Warburton Community, largest of the eleven Ngaanyatjarra communities, is in the remote Gibson Desert of Western Australia, an 18 hour drive northeast of Perth. In 2010 the Arts Project will celebrate its twentieth anniversary. Over this time Warburton artists have been innovative in their use of media, working with wood, ceramics, glass, textiles and multi media as well as painting. Warburtonta-latju Warntu Palyaranytja was the first showing outside the community of the results of an ambitious pilot project to make felted pieces based on stories of country. The move into felting is in keeping with the Arts Project's history of innovation in their search for new ways to express cultural heritage and realise an economic outcome. Warburton Arts Project Coordinator Albie Viegas and workshop leader Sujora Conrad initiated discussions about what form a new initiative might take and the artists were immediately enthusiastic about the physicality of felt and confident of their ability to be involved in the process. The complex and accomplished works glowing on the gallery walls were testament to the excitement and commitment the project generated. Valuable support was also forthcoming from Janet Holmes à Court who visited Warburton to see the work in progress and acquired a number for the Holmes à Court Collection.

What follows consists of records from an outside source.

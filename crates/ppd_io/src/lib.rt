//! Bytes in and out: where they are read, written and kept by name, with counts of faults, over the system; a source of
//! bytes in memory; and the lines of a source.
#![tactic(auto)]

mod adapters;
mod bytes;
mod gate;
mod host;
mod lines;
mod put;
mod shelf;
mod sink;
mod source;
mod steady;

pub use adapters::{Counted, StdSink, StdSource};
pub use bytes::CHUNK_BYTES;
pub use gate::{FreeGate, Gate};
pub use host::HostShelf;
pub use lines::{LineError, LineReader};
pub use put::put_all;
pub use shelf::{Shelf, ShelfError};
pub use sink::{Failed, Sink};
pub use source::Source;
pub use steady::SteadySource;
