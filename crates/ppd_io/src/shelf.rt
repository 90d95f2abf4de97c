ghost use Rattle.std.specs.Prelude.{◌≡◌, ℕ, List, ◌≤◌, vec_len, IfOk, OnOk, IsErrOf};
ghost use Rattle.std.specs.declared.option.Option.{Option};
ghost use Rattle.ppd_io.specs.Causes.{Rose};
ghost use Rattle.ppd_io.specs.Content.{Loads, Stores, StoreFails};

use std::alloc::{AllocError, Global};
use std::fmt;
use thiserror::Error;

/// Why a load or a store was not done.
#[derive(Clone, Copy, Error)]
pub enum ShelfError {
    /// The shelf failed, or has no such name.
    #[error("the shelf failed, or has no such name")]
    Failed,
    /// Want of memory.
    #[error("want of memory")]
    Memory,
}

impl From<ppd_ast::Memory> for ShelfError {
    ghost use Rattle.ppd_io.specs.declared.shelf.ShelfError.TheVariants.{Memory};

    ghost from_gives = { λ _ e. e ≡ Memory };

    fn from(_error: ppd_ast::Memory) -> ShelfError {
        ShelfError::Memory
    }
}

impl From<AllocError> for ShelfError {
    ghost use Rattle.ppd_io.specs.declared.shelf.ShelfError.TheVariants.{Memory};

    ghost from_gives = { λ _ e. e ≡ Memory };

    fn from(_error: AllocError) -> ShelfError {
        ShelfError::Memory
    }
}

/// Bytes by name.
pub trait Shelf {
    /// The bytes by name, where they are told.
    ghost held: { Self → Option (List ℕ → Option (List ℕ)) };

    /// How often a load of a name failed.
    ghost failed_loads: { Self → List ℕ → ℕ };

    /// How often a store of a name failed.
    ghost failed_stores: { Self → List ℕ → ℕ };

    /// The first `most` bytes of that name, or all where there are fewer. What is held stays as it
    /// was. `Failed` comes only where the count of failed loads of that name rose.
    fn load(&mut self, alloc: Global, name: &str, most: usize) -> Result<Vec<u8>, ShelfError>
        ensures bound { IfOk result (λ v. vec_len v ≤ most) }
        ensures bytes { IfOk result (λ v. Loads (held self.old) name.now most v.items) }
        ensures same { held self.new ≡ held self.old }
        ensures failed { IsErrOf result ShelfError.Failed
            → Rose (failed_loads self.old name.now) (failed_loads self.new name.now) }
        ensures later { (n : List ℕ) → failed_loads self.old n ≤ failed_loads self.new n }
        ensures stores { (n : List ℕ) → failed_stores self.new n ≡ failed_stores self.old n };

    /// Sets the bytes of that name. After `Failed` that name may hold anything; the others are as
    /// before. After want of memory the shelf holds what it held. `Failed` comes only where the count of
    /// failed stores of that name rose.
    fn store(&mut self, alloc: Global, name: &str, bytes: &[u8]) -> Result<(), ShelfError>
        ensures bytes { OnOk result (Stores (held self.old) (held self.new) name.now bytes.now) }
        ensures others { StoreFails (held self.old) (held self.new) name.now }
        ensures memory { IsErrOf result ShelfError.Memory → held self.new ≡ held self.old }
        ensures failed { IsErrOf result ShelfError.Failed
            → Rose (failed_stores self.old name.now) (failed_stores self.new name.now) }
        ensures later { (n : List ℕ) → failed_stores self.old n ≤ failed_stores self.new n }
        ensures loads { (n : List ℕ) → failed_loads self.new n ≡ failed_loads self.old n };
}

impl fmt::Debug for ShelfError {
    fn fmt<W: fmt::Write>(&self, f: &mut fmt::Formatter<W>) -> fmt::Result {
        fmt::Display::fmt(self, f)
    }
}
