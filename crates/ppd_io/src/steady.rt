ghost use Rattle.std.specs.Prelude.{◌≡◌, ℕ, List, [], ◌<◌, ◌≤◌, length, take, drop, true, vec_len, IfOk, OnErr, IsOk, IsErrOf};
ghost use Rattle.ppd_io.specs.Causes.{HasCause};
ghost use Rattle.ppd_io.specs.Content.{Reads};
ghost use Rattle.ppd_io.specs.Feeds.{new_feed, read_size, after_read, after_vain_read};

use crate::sink::Failed;
use crate::source::Source;
use std::marker::Model;

/// Gives its bytes in chunks, and never fails.
#[derive(Drop)]
pub struct SteadySource {
    bytes: Vec<u8>,
    at: usize,
    began: usize,
    chunk: usize,
}

impl Model for SteadySource {
    ghost use Rattle.std.specs.Prelude.{◌<◌, ◌≤◌, drop, vec_len};
    ghost use Rattle.ppd_io.specs.Feeds.{Feed};

    ghost Value = { Feed };

    ghost view = { λ s.
        record { left = drop s.at s.bytes.items; before = drop s.began s.bytes.items; chunk = s.chunk } };

    ghost invariant = { λ s. (s.at ≤ vec_len s.bytes) × (0 < s.chunk) };
}

impl SteadySource {
    /// Gives at most `chunk` bytes in a call, which is at least 1.
    pub fn new(bytes: Vec<u8>, chunk: usize) -> SteadySource
        requires { 0 < chunk }
        ensures { result ≡ new_feed bytes.items chunk }
    {
        SteadySource {
            bytes,
            at: 0,
            began: 0,
            chunk,
        }
    }

    /// Moves the next bytes to the front of `into`, and answers how many.
    pub fn give(&mut self, into: &mut [u8]) -> usize
        ensures count { result ≡ read_size self.old (length into.old) }
        ensures bytes { take result into.new ≡ take result self.old.left }
        ensures rest { drop result into.new ≡ drop result into.old }
        ensures after { self.new ≡ after_read self.old (length into.old) }
        ensures some { result ≡ 0 → 0 < length into.old → self.old.left ≡ [] }
    {
        let count = into.len().min(self.chunk).min(self.bytes.len() - self.at);
        into[..count].copy_from_slice(&self.bytes[self.at..self.at + count]);
        self.began = self.at;
        self.at += count;
        count
    }

    /// Notes a read that gives nothing.
    pub fn give_nothing(&mut self)
        ensures { self.new ≡ after_vain_read self.old }
    {
        self.began = self.at;
    }
}

impl Source for SteadySource {
    ghost use Rattle.std.specs.Prelude.{Some};

    ghost left = { λ s. Some s.left };

    ghost before_last = { λ s. Some s.before };

    ghost faults = { λ s. 0 };

    fn read(&mut self, into: &mut [u8]) -> Result<usize, Failed>
        ensures bound { IfOk result (λ n. n ≤ length into.new) }
        ensures bytes { Reads (Some self.old.left) (Some self.new.left) result into.new }
        ensures last { Some self.new.before ≡ Some self.old.left }
        ensures cause { HasCause 0 0 result }
        ensures ok { IsOk result }
        ensures count { IfOk result (λ n. n ≡ read_size self.old (length into.old)) }
        ensures after { self.new ≡ after_read self.old (length into.old) }
    {
        Ok(self.give(into))
    }
}
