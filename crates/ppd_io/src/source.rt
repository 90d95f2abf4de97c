ghost use Rattle.std.specs.Prelude.{◌≡◌, ℕ, List, ◌≤◌, length, IfOk};
ghost use Rattle.std.specs.declared.option.Option.{Option};
ghost use Rattle.ppd_io.specs.Causes.{HasCause};
ghost use Rattle.ppd_io.specs.Content.{Reads};

use crate::sink::Failed;

/// Where bytes are read.
pub trait Source {
    /// The bytes that are left, where they are told.
    ghost left: { Self → Option (List ℕ) };

    /// What was left when the last read began, where it is told: before any read it may be anything.
    ghost before_last: { Self → Option (List ℕ) };

    /// How often a read failed.
    ghost faults: { Self → ℕ };

    /// Reads some bytes to the front of `into` and answers how many: none only at the end, or where
    /// `into` is empty. `Failed` comes only where the count of faults rose, and takes none.
    fn read(&mut self, into: &mut [u8]) -> Result<usize, Failed>
        ensures bound { IfOk result (λ n. n ≤ length into.new) }
        ensures bytes { Reads (left self.old) (left self.new) result into.new }
        ensures last { before_last self.new ≡ left self.old }
        ensures cause { HasCause (faults self.old) (faults self.new) result };
}
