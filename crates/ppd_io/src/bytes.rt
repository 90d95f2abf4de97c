ghost use Rattle.std.specs.Prelude.{◌≡◌, ◌≢◌, ◌↔◌, ◌<◌, [], ◌∷◌, length, IfOk, IsTrue, MatchOption, OnErr};
ghost use Rattle.ppd_io.specs.Causes.{HasCause};
ghost use Rattle.ppd_io.specs.declared.bytes.TheConstants.{CHUNK_BYTES};
ghost use Rattle.ppd_io.specs.Lines.{Took, IsAtEnd, IsFilled, IsOfHeld};

use crate::sink::Failed;
use crate::source::Source;
use ppd_ast::Memory;
use std::alloc::Global;
use std::marker::Model;

/// Bytes that are asked of a source at once.
pub const CHUNK_BYTES: usize = 4096;

/// Gives the bytes of a source one by one, and reads only where it holds none.
#[derive(Drop)]
pub(crate) struct ByteReader {
    chunk: Vec<u8>,
    at: usize,
    end: usize,
}

impl Model for ByteReader {
    ghost use Rattle.std.specs.Prelude.{◌≡◌, ◌-◌, ◌≤◌, ℕ, List, take, drop, vec_len};
    ghost use Rattle.ppd_io.specs.declared.bytes.TheConstants.{CHUNK_BYTES};

    ghost Value = { List ℕ };

    ghost view = { λ s. take (s.end - s.at) (drop s.at s.chunk.items) };

    ghost invariant = { λ s. (s.at ≤ s.end) × (s.end ≤ vec_len s.chunk) × (vec_len s.chunk ≡ CHUNK_BYTES) };
}

impl ByteReader {
    /// Holds nothing. `Memory` is want of memory.
    pub(crate) fn new(alloc: Global) -> Result<ByteReader, Memory>
        ensures { IfOk result (λ r. r ≡ []) }
    {
        let chunk = vec![in alloc; 0; CHUNK_BYTES]?;
        Ok(ByteReader {
            chunk,
            at: 0,
            end: 0,
        })
    }

    /// The first of the bytes that are held.
    fn take_held(&mut self) -> u8
        requires { self.old ≢ [] }
        ensures byte { self.old ≡ result ∷ self.new }
        ensures few { length self.new < CHUNK_BYTES }
    {
        let byte = self.chunk[self.at];
        self.at += 1;
        byte
    }

    /// Reads, where nothing is held, and answers whether there was anything to read.
    fn refill<I: Source>(&mut self, source: &mut I) -> Result<bool, Failed>
        requires { self.old ≡ [] }
        ensures ok { IfOk result (λ some.
            Took (I.left source.old) (I.left source.new) [] self.new × IsFilled some (I.left source.new) self.new) }
        ensures err { OnErr result ((self.new ≡ []) × (I.left source.new ≡ I.left source.old)) }
        ensures last { I.before_last source.new ≡ I.left source.old }
        ensures cause { HasCause (I.faults source.old) (I.faults source.new) result }
    {
        self.at = 0;
        self.end = 0;
        self.end = source.read(&mut self.chunk)?;
        Ok(self.end != 0)
    }

    /// Whether nothing is held.
    fn is_empty(&self) -> bool
        ensures { IsTrue result ↔ (self.now ≡ []) }
    {
        self.at == self.end
    }

    /// The next byte; none at the end. `Failed` comes only where the source's count of faults rose. Where bytes
    /// are held, nothing is read.
    pub(crate) fn next<I: Source>(&mut self, source: &mut I) -> Result<Option<u8>, Failed>
        ensures byte { IfOk result (λ b. MatchOption b
            (Took (I.left source.old) (I.left source.new) self.old [] × (self.new ≡ []) × IsAtEnd (I.left source.new))
            (λ byte. Took (I.left source.old) (I.left source.new) self.old (byte ∷ self.new))) }
        ensures err { OnErr result (Took (I.left source.old) (I.left source.new) self.old [] × (self.new ≡ [])) }
        ensures cause { HasCause (I.faults source.old) (I.faults source.new) result }
        ensures last { self.old ≡ [] → I.before_last source.new ≡ I.left source.old }
        ensures quiet { self.old ≢ [] → (source.new ≡ source.old) × IsOfHeld self.old self.new result }
        ensures few { length self.new < CHUNK_BYTES }
    {
        if !self.is_empty() {
            return Ok(Some(self.take_held()));
        }
        if self.refill(source)? {
            return Ok(Some(self.take_held()));
        }
        Ok(None)
    }
}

Working seated on the floor in the manner of making paintings, the group of senior artists built their images by selectively laying down layers of prepared coloured fleece. To create felt, this thick multi-layered object is dampened with soapy water and then subjected to rolling and beating until the woollen fibres hook into each other and form a dense, strong mat. As a result of this process the image and the object form a seamless unified whole. This evident unity of material and process, combined with a rough surface texture gives the works a powerful visceral presence, evoking the embodied landscape at the heart of Aboriginal art practice.

Metonymically formed by natural processes, dyes staining the work like minerals in rocks, the works have a profound density and a breadth that imaginatively exceeded their edges which were not cut off but formed by the process of felting. The clarity and detail of imagery in pieces such as Nola Hunt's Tarntjarranya and Nyumitja Laidlaw's Kungkarrangkalpa Tjukurrpa (Seven Sisters Dreaming) showed that the medium is capable of handling the complex imagery and colour palette demanded by Ngaanyatjarra artists, and demonstrated the level of skill they attained.

The impact of the corporeality of felt was best realised in the large scale works. These made me think of Joseph Beuys' shamanic use of natural materials and also of tapestries with their sheer physical presence and their suitability for large architectural spaces. This latter quality holds particular promise for further development, especially as Warburton also produces glass panels that are suitable for architectural commissions. Unlike glass, felting requires little or no specialist equipment, a point in its favour for sustainability over the long term. Included in the exhibition was a demonstration piece by Sujora Conrad who had faithfully replicated an earlier painting. Like tapestry the medium can be used to 'edition' existing work whilst the original can remain in Community hands. Since 1988 Warburton Community has purchased significant works by senior Ngaanyatjarra artists, with the vision of developing a living cultural resource held in perpetuity for Ngaanyatjarra people. Currently the integrity of this priceless heritage is under threat as economic and management problems have given rise to suggestions that it could be dispersed. This would seem to be a very short-sighted way to deal with the ongoing issues of its physical and curatorial sustainability. Perhaps the reproduction of works in the felt medium could be some part of a strategy to generate income from it whilst the collection itself might be cared for under the auspices of a larger collecting institution with a will to see it remain intact and available.

For a new initiative to be economically sustainable, it must successfully negotiate a balance between truth to cultural and artistic integrity, originality and marketability. It seems to me this new work is quite up to the task, all that is needed now is a commissioner with similar vision.